I have a function which takes about 10 minutes to run. It is primarily in calling two external commands. I previously was using a bash script to run it. I need to run this function on several different inputs and would like to run them in parallel. Using map
gives the expected results, but when I use pmap
, it seems to be trying to parallelize the function itself, which I don’t want.
Further details:
The function definition looks like this:
@everywhere function getresult(x)
prefix = "si_$(x)"
# string to control pw
pw_in = """
prefix='$prefix'
"""
# string to control ph
ph_in = """
prefix='$prefix'
"""
# run functions
pw=open(`pw.x`,"r+") # create pw process
print(pw,pw_in) # send it the control info
close(pw.in)
scf_out=read(pw,String) # waits until pw is done -- 3 minutes
f_scf=open("./tmp/scfout_$prefix","w")
write(f_scf,scfout) # write pw.x results to file for later
close(f_scf)
ph=open(`ph.x`,"r+") # create ph process
print(ph,ph_in) # send it the control info
# this process reads the results from pw based on prefix
close(ph.in)
phGout=read(ph,String) # waits until ph is done -- 7 minutes
f_scf=open("./tmp/phGout_$prefix","w")
write(f_scf,phGout) # write ph.x results to file for later
close(f_scf)
return(prefix)
end
The results are all written to files which are labeled by prefix
which I define using the input variables. The process ph.x
depends on the results that pw.x
wrote, and knows where to look for them from its input string.

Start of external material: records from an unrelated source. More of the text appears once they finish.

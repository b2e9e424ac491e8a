//! The frame that is to be sent next.

ghost use Rattle.std.specs.Prelude.{◌≡◌, ◌≢◌, length, take, drop, slice_get, Some, None, ◌⊎◌};
ghost use Rattle.frames.specs.Octets.{RawOut};
ghost use Rattle.hlr_types.specs.DigitTexts.{text_of};
ghost use Rattle.kunchrol.specs.Refusals.{TooSmall};

use crate::code::{NONE, OK, SMALL};
use embed::Register;

pub(crate) fn next_frame(
    register: &mut Register,
    to: &mut [u8],
    to_len: &mut usize,
    octets: &mut [u8],
    octets_len: &mut usize,
) -> u32
    ensures sent { result ≡ 0 → (out : RawOut) × (slice_get register.old.waiting 0 ≡ Some out)
        × (to_len.new ≡ length (text_of out.to)) × (take to_len.new to.new ≡ text_of out.to)
        × (octets_len.new ≡ length out.octets) × (take octets_len.new octets.new ≡ out.octets) }
    ensures rest { result ≡ 0 → register.new.waiting ≡ drop 1 register.old.waiting }
    ensures node { register.new.node ≡ register.old.node }
    ensures why { result ≢ 0 → (result ≡ 1) × (slice_get register.old.waiting 0 ≡ None)
        ⊎ (result ≡ 2) × TooSmall register.old (length to.old)
        (length octets.old) to_len.new octets_len.new }
    ensures refused { result ≢ 0 → register.new ≡ register.old }
    ensures rooms { result ≢ 0 → (to.new ≡ to.old) × (octets.new ≡ octets.old) }
    ensures lens { result ≢ 0 → result ≢ 2
        → (to_len.new ≡ to_len.old) × (octets_len.new ≡ octets_len.old) }
{
    let Some(out) = register.front() else {
        return NONE;
    };
    let text = out.to.digits().text();
    let digits = text.as_slice();
    *to_len = digits.len();
    *octets_len = out.octets.len();
    if to.len() < digits.len() || octets.len() < out.octets.len() {
        return SMALL;
    }
    to[..digits.len()].copy_from_slice(digits);
    octets[..out.octets.len()].copy_from_slice(&out.octets);
    register.drop_front();
    OK
}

I try to run this function on multiple inputs using:
result = pmap(x->getresult(x), [1,2,3,4])
Julia has no problem, but the external processes fail because ph.x
tries to run before pw.x
has finished.
Some things I’ve tried:
- replacing
pmap
withmap
gives the expected result. - running the function with different inputs on separate julia processes at the same time gives the expected results–it does not appear the external processes are interfering with each other.
Could you all help me figure out how to fix this? I am unfamiliar with parallel processing lingo which is making it hard to understand the docs. It feels like julia is trying to parallelize more than possible.